Tags: opensim, opensimulator, secondlife
There’s been a huge amount of interest in OpenSim recently, ranging from organizations using it to form prototype grids, through to individuals looking to exploit it for educational purposes. For my own part, I love the idea of anybody being able to take our software and run their own grid for their own community.
However, amidst all the excitement, I think it’s important that we don’t forget that OpenSim is still alpha quality software, as stated on our frontpage. Lots of the features in the Linden client are not yet implented. Indeed, some may never be implemented, at least not by us – but that’s an entirely different blogpost. And sometimes features get broken in the course of development, which will always impact those using code taken directly from our Subversion repository.

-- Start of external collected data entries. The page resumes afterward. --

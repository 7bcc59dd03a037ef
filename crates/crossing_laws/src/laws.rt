//! The main laws, each as the contract of a function that does nothing.

ghost use Rattle.crossing_laws.specs.Laws.{NeedNoHair, NumbersOfP, NumbersOfQ, PlainWaysBackOut, PlainWaysOut, WaysBackOut, WaysOut};

/// The number of crossings of an edge and a face under exact tests is 1 or -1 where the segment goes through the face, by the
/// common sign of five volumes, else 0; and the winding number of a corner is the sum of such numbers along any way out.
pub fn crossings_are_geometric()
    ensures of_p { NumbersOfP }
    ensures of_q { NumbersOfQ }
    ensures plain { NeedNoHair }
    ensures ways { WaysOut }
    ensures ways_back { WaysBackOut }
    ensures plain_ways { PlainWaysOut }
    ensures plain_ways_back { PlainWaysBackOut }
{}
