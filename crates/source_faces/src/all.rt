// The triangles of all source faces.
ghost use Rattle.std.specs.Prelude.{◌≡◌, ◌+◌, ◌≤◌, IfOk, OnOk, length};
ghost use Rattle.mesh_terms.specs.Meshes.{triples_of};
ghost use Rattle.retained_verts.specs.Handed.{copies};
ghost use Rattle.source_face_terms.specs.Filled.{all_filled, all_triples, forced_of, sources_of};
ghost use Rattle.source_faces.specs.Groups.{earlier};
ghost use Rattle.source_faces.specs.Given.{AreGiven};
ghost use Rattle.source_faces.specs.Parts.{AreAdded, AreAll, HaveParts, both_parts, parts_of};

use crate::face::push_face;
use crate::given::given_have_parts;
use crate::triangles::SourceTriangles;
use crate::{CopyRange, Stand, group_end, runs_of, stands_of};
use lean::Surface;
use mb_base::{Hits, NoMemory, Op, Point, Windings};
use retained_verts::{Operand, Prescribed};
use std::alloc::Global;

/// The triangles of all source faces, those of the first side's faces and then those of the second's, from the numbers and
/// from the vertices that these prescribe, as `prescribe` gave them for the same numbers. `NoMemory` may come for any. Without
/// the fillings it takes time in proportion to the faces, and to the crossings that of a sort.
pub fn triangles_of(
    alloc: Global,
    op: Op,
    p: &Surface,
    q: &Surface,
    windings: &Windings,
    hits: &Hits,
    prescribed: &Prescribed,
) -> Result<SourceTriangles, NoMemory>
    requires { AreGiven op p.now q.now windings.now hits.now prescribed.now }
    ensures triples { IfOk result (λ r. triples_of r.triples.items ≡
        all_triples (all_filled p.now q.now (copies op p.now q.now windings.now hits.now))) }
    ensures source { IfOk result (λ r. r.source.items ≡ sources_of 0 (all_filled p.now q.now (copies op p.now q.now windings.now hits.now))) }
    ensures forced { IfOk result (λ r. r.forced ≡ forced_of (all_filled p.now q.now (copies op p.now q.now windings.now hits.now))) }
{
    given_have_parts(op, p, q, windings, hits, prescribed);
    let [p_kept, q_kept] = prescribed.kept;
    let p_runs = runs_of(alloc, op, Operand::P, &windings.w03, 0)?;
    let q_runs = runs_of(alloc, op, Operand::Q, &windings.w30, p_kept as u32)?;
    let stands = stands_of(alloc, op, p, q, hits, (p_kept + q_kept) as u32)?;
    // Room for a triangle to two half-edges: as a rule there are fewer.
    let room = prescribed.halfedges as usize / 2;
    filled_of(
        alloc,
        room,
        p,
        q,
        &p_runs,
        &q_runs,
        &stands,
        &prescribed.points,
    )
}

// The triangles of both sides' faces, from the runs of their vertices and all records. Room for so many is taken at the start.
fn filled_of(
    alloc: Global,
    room: usize,
    p: &Surface,
    q: &Surface,
    p_runs: &[CopyRange],
    q_runs: &[CopyRange],
    stands: &[Stand],
    points: &[Point],
) -> Result<SourceTriangles, NoMemory>
    requires p_parts { HaveParts p.now p_runs.now points.now 0 stands.now }
    requires q_parts { HaveParts q.now q_runs.now points.now (length p.now.triples) stands.now }
    ensures { IfOk result (AreAll (both_parts p.now q.now p_runs.now q_runs.now points.now stands.now)) }
{
    let first = p.triples().len() as u32;
    let mut all = SourceTriangles::with_capacity(alloc, room)?;
    let begin = push_faces(alloc, &mut all, p, p_runs, 0, stands, 0, points)?;
    push_faces(alloc, &mut all, q, q_runs, first, stands, begin, points)?;
    Ok(all)
}

// Adds the triangles of a side's faces, of which the first one is the source face with this number and has its records from
// this place on, and tells where the records of the last one end.
fn push_faces(
    alloc: Global,
    all: &mut SourceTriangles,
    side: &Surface,
    runs: &[CopyRange],
    first: u32,
    stands: &[Stand],
    begin: usize,
    points: &[Point],
) -> Result<usize, NoMemory>
    requires first { first ≤ 100000000 }
    requires parts { HaveParts side.now runs.now points.now first stands.now }
    requires begin { begin ≡ earlier stands.now first }
    requires few { all.old.forced ≤ length all.old.triples.items }
    ensures added { OnOk result (AreAdded first (parts_of side.now runs.now points.now first stands.now (length side.now.triples)) all.old all.new) }
    ensures follow { IfOk result (λ place. place ≡ earlier stands.now (first + length side.now.triples)) }
    ensures few { OnOk result (all.new.forced ≤ length all.new.triples.items) }
{
    let mut begin = begin;
    for face in 0..side.triples().len() as u32 {
        let source = first + face;
        let end = group_end(stands, begin, source);
        let records = &stands[begin..end];
        push_face(alloc, all, side, runs, face, source, records, points)?;
        begin = end;
    }
    Ok(begin)
}
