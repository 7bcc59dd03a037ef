//! Crossings under exact kernels, with what geometry says of their numbers. The calls are those of `cross`.

ghost use Rattle.std.specs.Prelude.{◌≡◌};
ghost use Rattle.side_terms.specs.Corners.{AllFine, corner_at};
ghost use Rattle.edge_face.specs.Crossings.{number_of};
ghost use Rattle.exact_kernels.specs.Exact.{position};
ghost use Rattle.crossing_laws.specs.Through.{moved_through, through_moved};

use edge_face::{Cross, Crosses};
use exact_kernels::Exact;
use mb_base::Corner;
use rounding::Rounding;

/// The crossing of an edge of P and a face of Q: the edge, moved by the hair, goes through the face once, or not at all.
pub fn exact_crossing<R: Rounding>(
    edge: &[Corner; 2],
    face: &[Corner; 3],
    kernels: &Exact<R>,
) -> Option<Cross>
    requires edge_fine { AllFine edge.now }
    requires face_fine { AllFine face.now }
    ensures number { number_of result ≡ moved_through (position (corner_at edge.now 0)) (position (corner_at edge.now 1))
        (position (corner_at face.now 0)) (position (corner_at face.now 1)) (position (corner_at face.now 2)) }
{
    kernels.cross(edge, face)
}

/// The crossing of a face of P and an edge of Q: the edge goes through the moved face once, or not at all.
pub fn exact_crossing_back<R: Rounding>(
    face: &[Corner; 3],
    edge: &[Corner; 2],
    kernels: &Exact<R>,
) -> Option<Cross>
    requires face_fine { AllFine face.now }
    requires edge_fine { AllFine edge.now }
    ensures number { number_of result ≡ through_moved (position (corner_at edge.now 0)) (position (corner_at edge.now 1))
        (position (corner_at face.now 0)) (position (corner_at face.now 1)) (position (corner_at face.now 2)) }
{
    kernels.cross(face, edge)
}
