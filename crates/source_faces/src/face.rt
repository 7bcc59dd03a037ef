// The triangles of one source face.
ghost use Rattle.std.specs.Prelude.{◌≡◌, ◌<◌, ◌≤◌, IfOk, OnOk, length};
ghost use Rattle.source_faces.specs.ListParts.{AreRuns};
ghost use Rattle.source_faces.specs.Adding.{IsAdded, filled_by};
ghost use Rattle.source_faces.specs.Parts.{CanBePart, HaveCopies};

use crate::plain::{are_equal, push_copies};
use crate::triangles::SourceTriangles;
use crate::{CopyRange, Stand, plane_of, segments_of_face};
use face_loops::loops;
use lean::Surface;
use mb_base::{NoMemory, Point};
use ring_cutting::Filled;
use std::alloc::Global;
use triangulate::fill;

/// Adds the triangles of a face with these records. Where it has none, and its three vertices are prescribed one number of
/// times, they are copies of the face.
pub fn push_face(
    alloc: Global,
    all: &mut SourceTriangles,
    side: &Surface,
    runs: &[CopyRange],
    face: u32,
    source: u32,
    stands: &[Stand],
    points: &[Point],
) -> Result<(), NoMemory>
    requires face { face < length side.now.triples }
    requires copies { HaveCopies side.now runs.now points.now }
    requires part { CanBePart side.now runs.now points.now face stands.now }
    requires few { all.old.forced ≤ length all.old.triples.items }
    ensures added { OnOk result (IsAdded source (filled_by side.now runs.now points.now face stands.now) all.old all.new) }
    ensures few { OnOk result (all.new.forced ≤ length all.new.triples.items) }
{
    if stands.is_empty() && are_equal(runs, side.triples()[face as usize]) {
        return push_copies(all, side, runs, face, source);
    }
    let filled = filled_face(alloc, side, runs, face, stands, points)?;
    all.push_filled(&filled, source)
}

// The filling of the loops of a face.
fn filled_face(
    alloc: Global,
    side: &Surface,
    runs: &[CopyRange],
    face: u32,
    stands: &[Stand],
    points: &[Point],
) -> Result<Filled, NoMemory>
    requires face { face < length side.now.triples }
    requires runs { AreRuns side.now (length points.now) runs.now }
    requires part { CanBePart side.now runs.now points.now face stands.now }
    ensures value { IfOk result (λ filled. filled ≡ filled_by side.now runs.now points.now face stands.now) }
    ensures most { IfOk result (λ filled. filled.forced ≤ length filled.triples) }
    ensures few { IfOk result (λ filled. length filled.triples ≤ 100000000) }
{
    let segments = segments_of_face(alloc, side, runs, face, stands, points)?;
    let loops = loops(alloc, &segments)?;
    fill(alloc, plane_of(side, face), &loops, points)
}
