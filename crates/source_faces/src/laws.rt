//! The law of plain faces, as the contract of a function that does nothing.

ghost use Rattle.source_faces.specs.Plain.{PlainFacesAreCopied};

/// Where a face has no records, and its vertices are prescribed one number of times, its filling is copies of it.
pub fn plain_faces_are_copied()
    ensures { PlainFacesAreCopied }
{}
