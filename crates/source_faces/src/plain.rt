// Faces that no edge crosses, and that cross none: their triangles are copies of them.
//
// A face whose vertices are prescribed one number of times, and which has no records, takes a short way: its triangles
// are n copies of it, where n is that number. That this is what loops and filling would give is a law
// (`plain_faces_are_copied`); nearly all faces of a large mesh are such.
ghost use Rattle.std.specs.Prelude.{◌≡◌, ◌+◌, ◌<◌, ◌^◌, true, cond, OnOk, length, get_or};
ghost use Rattle.mesh_terms.specs.Limits.{most_points};
ghost use Rattle.mesh_terms.specs.Meshes.{IsBelow, triple_of};
ghost use Rattle.source_faces.specs.ListParts.{AreRuns};
ghost use Rattle.side_terms.specs.Sides.{IsSide};
ghost use Rattle.source_faces.specs.Adding.{IsAdded, are_equal_runs, copy_triple, face_copies, is_flat, same_run};

use crate::CopyRange;
use crate::triangles::SourceTriangles;
use lean::Surface;
use mb_base::{NoMemory, cross};
use retained_verts::point_of;

/// Whether the three vertices of a triangle are prescribed one number of times.
pub fn are_equal(runs: &[CopyRange], triple: [u32; 3]) -> bool
    requires { IsBelow (length runs.now) (triple_of triple) }
    ensures { result ≡ are_equal_runs runs.now (triple_of triple) }
{
    let [a, b, c] = triple;
    let (a, b, c) = (runs[a as usize], runs[b as usize], runs[c as usize]);
    are_alike(a, b) && are_alike(b, c)
}

// Whether two vertices are prescribed one number of times.
fn are_alike(one: CopyRange, other: CopyRange) -> bool
    ensures { result ≡ same_run one other }
{
    one.count == other.count && one.negative == other.negative
}

/// Adds a face whose vertices have this one number of copies: the first copies of the three are a triangle, the second ones,
/// and so on. It is turned over where the number is below 0, and forced where the face is flat.
pub fn push_copies(
    all: &mut SourceTriangles,
    side: &Surface,
    runs: &[CopyRange],
    face: u32,
    source: u32,
) -> Result<(), NoMemory>
    requires face { face < length side.now.triples }
    requires runs { AreRuns side.now most_points runs.now }
    requires few { all.old.forced + most_points < 2 ^ 64 }
    requires equal { are_equal_runs runs.now (get_or side.now.triples face (0, 0, 0)) ≡ true }
    ensures { OnOk result (IsAdded source (face_copies side.now runs.now face) all.old all.new) }
{
    let [a, b, c] = side.triples()[face as usize];
    let (a, b, c) = (runs[a as usize], runs[b as usize], runs[c as usize]);
    all.forced += u64::from(forced_copies(side, face, a.count));
    for i in 0..a.count {
        all.push(copy_triple(a, b, c, i), source)?;
    }
    Ok(())
}

/// The triangle of copies number i of three vertices, turned over where the number of the first one is below 0.
pub fn copy_triple(a: CopyRange, b: CopyRange, c: CopyRange, i: u32) -> [u32; 3]
    requires a { a.first + i < 2 ^ 32 }
    requires b { b.first + i < 2 ^ 32 }
    requires c { c.first + i < 2 ^ 32 }
    ensures { triple_of result ≡ copy_triple a b c i }
{
    if a.negative {
        [b.first + i, a.first + i, c.first + i]
    } else {
        [a.first + i, b.first + i, c.first + i]
    }
}

// How many of so many copies of a face are forced.
fn forced_copies(side: &Surface, face: u32, count: u32) -> u32
    requires side { IsSide side.now }
    requires face { face < length side.now.triples }
    ensures { result ≡ cond (is_flat side.now face) count 0 }
{
    if count > 0 && is_flat(side, face) {
        count
    } else {
        0
    }
}

// Whether the corners of a face lie on a line.
fn is_flat(side: &Surface, face: u32) -> bool
    requires side { IsSide side.now }
    requires face { face < length side.now.triples }
    ensures { result ≡ is_flat side.now face }
{
    let [a, b, c] = side.face(face);
    cross(point_of(&a), point_of(&b), point_of(&c)) == [0; 3]
}
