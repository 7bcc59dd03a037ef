//! That the numbers of crossings under exact tests are the geometric ones: 1 or -1 where a segment goes through a face, else 0;
//! and that a closed mesh winds round a point as often as any way from the point to far outside leaves through its faces, less
//! how often it comes in.
//!
//! The lemmas stand in `specs/`.
#![tactic(auto)]

mod calls;
pub mod laws;

pub use calls::{exact_crossing, exact_crossing_back};
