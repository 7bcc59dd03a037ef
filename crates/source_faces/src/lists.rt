//! The lists of each source face, in which the copies of prescribed vertices stand as starts and ends, and the segments that
//! these lists give. A vertex's copies are told by a run of numbers; those of hits are recorded with the faces and the lists
//! in which they stand, and the records are sorted once, so that they are read along with the faces.

mod entries;
pub mod group_laws;
pub mod laws;
mod places;
mod runs;
mod segments;
mod stands;

pub use places::plane_of;
pub use runs::{CopyRange, runs_of};
pub use segments::segments_of_face;
pub use stands::{Stand, group_end, stands_of};
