//! The triangles of source faces: those that fill the loops of a face's segments in the plane of the face, face by face, those
//! of the first mesh before those of the second.
#![tactic(auto)]

mod all;
mod face;
pub mod given;
pub mod laws;
pub mod lists;
mod plain;
mod triangles;

pub use all::triangles_of;
pub use lists::{CopyRange, Stand, group_end, plane_of, runs_of, segments_of_face, stands_of};
pub use plain::{are_equal, copy_triple};
pub use triangles::SourceTriangles;
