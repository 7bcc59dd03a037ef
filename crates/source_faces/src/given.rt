// What given numbers and prescribed vertices say of runs and records.
ghost use Rattle.source_faces.specs.Given.{AreFewGiven, AreGiven, GivenHaveParts};

use crate::lists::laws::{copies_have_lists, lists_give_segments};
use lean::Surface;
use mb_base::{Hits, Op, Windings};
use retained_verts::Prescribed;
use source_face_laws::of_fillings::faces_form_loops;
use source_face_laws::of_segments::loops_are_long;

/// The faces of both sides are filled from the runs and the records of what is given, and there are few copies. It does
/// nothing.
pub fn given_have_parts(
    op: Op,
    p: &Surface,
    q: &Surface,
    windings: &Windings,
    hits: &Hits,
    prescribed: &Prescribed,
)
    requires { AreGiven op p.now q.now windings.now hits.now prescribed.now }
    ensures parts { GivenHaveParts op p.now q.now windings.now hits.now }
    ensures few { AreFewGiven op windings.now hits.now }
{
    let _p = p.triples();
    let _q = q.triples();
    copies_have_lists();
    lists_give_segments();
    loops_are_long();
    faces_form_loops();
}
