// The converter: an old table rebuilt as one of today in a second lent buffer. The old one is only read, and the second is written only if all of it
// can be.
#![tactic(auto)]

pub mod old;

ghost use Rattle.std.specs.Prelude.{◌≡◌, ◌+◌, ◌≤◌, length};
ghost use Rattle.bitrow.specs.Row.{bytes_for};
ghost use Rattle.header.specs.Limits.{header_size};
ghost use Rattle.convert.specs.Old.{old_records};
ghost use Rattle.convert.specs.Convert.{convert_answer, carried, with_orders, converted};

use crate::old::{old_records, old_sound, old_used, renewed};
use answers::{Answer, Refusal};
use header::{HEADER_SIZE, SUM_PLACE};
use octets::{put_bytes, put_number};
use orders::record::order_of;
use table::places::record_at;
use table::sound::table_size;
use table::store::store_order;

// 10 before 13: how long the new table is, only a sound old one says.
#[tactic(auto, unfolding(crate::specs::Convert::convert_answer))]
fn convert_answer(old: &[u8], m: usize) -> Answer
    ensures { result ≡ convert_answer old.now m }
{
    if !old_sound(old) {
        return Err(Refusal::NotSound);
    }
    if m != table_size(old_records(old)) {
        return Err(Refusal::NoRoom);
    }
    Ok(())
}

// Every byte of the second buffer is written, one run behind the other, so that nothing is left of what it held.
fn carry(old: &[u8], table: &mut [u8])
    requires { (header_size ≤ length old.now) × (length table.old ≡ length old.now + bytes_for (old_records old.now)) }
    ensures { table.new ≡ carried old.now }
{
    let head = renewed(old);
    let end = old.len();
    let bits = table.len() - end;
    put_bytes(table, 0, &head);
    put_number(table, SUM_PLACE, 4, 0);
    put_bytes(table, HEADER_SIZE, &old[HEADER_SIZE..end]);
    put_number(table, end, bits, 0);
}

// Each order is stored where it stands already, since that makes its bit and adds to the sum.
fn store_orders(old: &[u8], table: &mut [u8], n: usize)
    requires { n ≤ old_records old.now }
    ensures { table.new ≡ with_orders old.now n table.old }
{
    for i in 0..n {
        store_order(table, i, order_of(record_at(old, i)));
    }
}

pub fn convert(old: &[u8], table: &mut [u8]) -> Answer
    ensures { (result ≡ convert_answer old.now (length table.old)) × (table.new ≡ converted old.now table.old) }
{
    convert_answer(old, table.len())?;
    carry(old, table);
    store_orders(old, table, old_used(old));
    Ok(())
}
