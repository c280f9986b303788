// What every call of the host answers, and the one file in which an answer becomes the paper's number and place.
#![tactic(auto)]

ghost use Rattle.std.specs.Prelude.{◌≡◌};
ghost use Rattle.answers.specs.Answer.{refusal_number, refusal_place, answer_number, answer_place};

// Why a call has changed nothing, in the paper's order of checking; the last two are a release's and a writer's. A bad field comes with the offset
// of its first bad byte.
#[derive(Clone, Copy, PartialEq, Eq)]
pub enum Refusal {
    NotSound,
    WrongRing,
    WrongStocks,
    Malformed,
    BadField(usize),
    TooEarly,
    UnlistedFirm,
    Ignored,
    NotLive,
    WrongMoment,
    WrongShares,
    Full,
    Blocked,
    NotHeld,
    NoRoom,
}

// Done, or refused. Only a call that is done has changed anything, and only an entry that comes to it goes on.
pub type Answer = Result<(), Refusal>;

impl Refusal {
    // The paper's number of a refusal. By name and not by `From`: a place is a number of it, too.
    pub fn number(self) -> u8
        ensures { result ≡ refusal_number self }
    {
        match self {
            Refusal::NotSound => 10,
            Refusal::WrongRing => 11,
            Refusal::WrongStocks => 14,
            Refusal::Malformed => 2,
            Refusal::BadField(_) => 3,
            Refusal::TooEarly => 4,
            Refusal::UnlistedFirm => 15,
            Refusal::Ignored => 1,
            Refusal::NotLive => 5,
            Refusal::WrongMoment => 7,
            Refusal::WrongShares => 6,
            Refusal::Full => 8,
            Refusal::Blocked => 9,
            Refusal::NotHeld => 12,
            Refusal::NoRoom => 13,
        }
    }

    // The place that it tells; 0 where it tells none.
    pub fn place(self) -> usize
        ensures { result ≡ refusal_place self }
    {
        match self {
            Refusal::BadField(at) => at,
            _ => 0,
        }
    }
}

// The paper's number of an answer.
pub fn number(answer: Answer) -> u8
    ensures { result ≡ answer_number answer }
{
    match answer {
        Ok(()) => 0,
        Err(refusal) => refusal.number(),
    }
}

// The place that an answer tells; 0 where it tells none.
pub fn place(answer: Answer) -> usize
    ensures { result ≡ answer_place answer }
{
    match answer {
        Ok(()) => 0,
        Err(refusal) => refusal.place(),
    }
}
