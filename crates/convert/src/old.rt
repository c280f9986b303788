// The old form of a table: where its records stand, and when it is sound. It is judged by what judges a table of today, header and records alike; only
// the length, byte 2, the four bytes of the sum and the bits are other.
ghost use Rattle.std.specs.Prelude.{◌≡◌, true, ◌≤◌, length};
ghost use Rattle.octets.specs.Choice.{all_below};
ghost use Rattle.header.specs.Limits.{header_size};
ghost use Rattle.orders.specs.Sound.{record_sound};
ghost use Rattle.table.specs.Table.{record_bytes};
ghost use Rattle.convert.specs.Old.{old_records, old_size_good, old_used, renewed, old_sound};

use header::sound::header_sound;
use header::{HEADER_SIZE, SUM_PLACE, TABLE_FORM};
use octets::{are_zero, be32, byte_at};
use orders::record::RECORD_SIZE;
use table::sound::{FEWEST_RECORDS, MOST_RECORDS};
use table::walk::walk;

// The form of the table, in byte 2.
const OLD_FORM: u8 = 0;

// How many records the old table has room for.
#[tactic(auto, unfolding(crate::specs::Old::old_records))]
pub(crate) fn old_records(old: &[u8]) -> usize
    ensures { result ≡ old_records old.now }
{
    old.len().saturating_sub(HEADER_SIZE) / RECORD_SIZE
}

// How many records are used, of those that there are: an old table has no bits behind them, so it has room for others than today's.
#[tactic(auto, unfolding(crate::specs::Old::old_used, crate::specs::Old::old_records, crate::specs::Old::old_header, header::specs::Header::header_of))]
pub(crate) fn old_used(old: &[u8]) -> usize
    ensures { result ≡ old_used old.now }
{
    if old.len() < HEADER_SIZE {
        return 0;
    }
    let used = be32(&old[0..SUM_PLACE], 4) as usize;
    used.min(old_records(old))
}

// 1 to 800 records, and nothing behind them.
#[tactic(auto, unfolding(crate::specs::Old::old_size_good))]
fn size_good(old: &[u8]) -> bool
    ensures { result ≡ old_size_good old.now }
{
    let n = old_records(old);
    (FEWEST_RECORDS..=MOST_RECORDS).contains(&n) && old.len() == HEADER_SIZE + RECORD_SIZE * n
}

// The bytes of the header's value with the form of today.
pub(crate) fn renewed(old: &[u8]) -> [u8; SUM_PLACE]
    requires { header_size ≤ length old.now }
    ensures { result ≡ renewed old.now }
{
    let mut head = [0; SUM_PLACE];
    head.copy_from_slice(&old[0..SUM_PLACE]);
    head[2] = TABLE_FORM;
    head
}

fn records_sound(old: &[u8]) -> bool
    requires { old_size_good old.now ≡ true }
    ensures { result ≡ all_below (old_used old.now) (λ i. record_sound (record_bytes old.now i)) }
{
    walk(old, old_used(old)).is_some()
}

#[tactic(auto, unfolding(crate::specs::Old::old_sound))]
pub fn old_sound(old: &[u8]) -> bool
    ensures { result ≡ old_sound old.now }
{
    if !size_good(old) {
        return false;
    }
    byte_at(old, 2) == OLD_FORM
        && header_sound(&renewed(old), old_records(old))
        && are_zero(old, SUM_PLACE, 4)
        && records_sound(old)
}
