// What every step keeps true, whatever table, ring and entry it is given. It has no functions; what it speaks of is the step of `host`.
#![tactic(auto)]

In addition, some of the code is very much a first hack job to get certain functionality working. For my part, I very much like this iterative approach, but it does mean that OpenSim is currently inefficient and insecure in places. At some point, some of the code which is underneath our feet will need to be dug up and an entirely different set of plumbing buried, plumbing which is all the better for having been designed in light of our experience with more primitive algorithms.
At this point I could point towards the release versions. And they should generally be better, being effectively snapshots of the main line taken when the code seemed stable. However, because we don’t really do any quality assurance on these, they do contain bugs. For instance, 0.5.4 contains a bug where rezzing a prim to the environment will cause the rez to fail unless you’re using the OpenDynamicsEngine physics engine in OpenSim.ini.
So what am I saying? Well for me, this is really a request for patience 🙂 If you’re following trunk, sometimes it will break. As OpenSim is alpha software, I would say we tend to favour taking risks to make fast progress over conservative code changes. And this is good, but the downside is that things will break a little more often. So please feel free to continue providing bugs reports (and filing patches!) but don’t forget that we need sometimes need time and space to pin down what’s going wrong. Let’s not try and get the toddler to run before it can really walk.
Viva la OpenSim!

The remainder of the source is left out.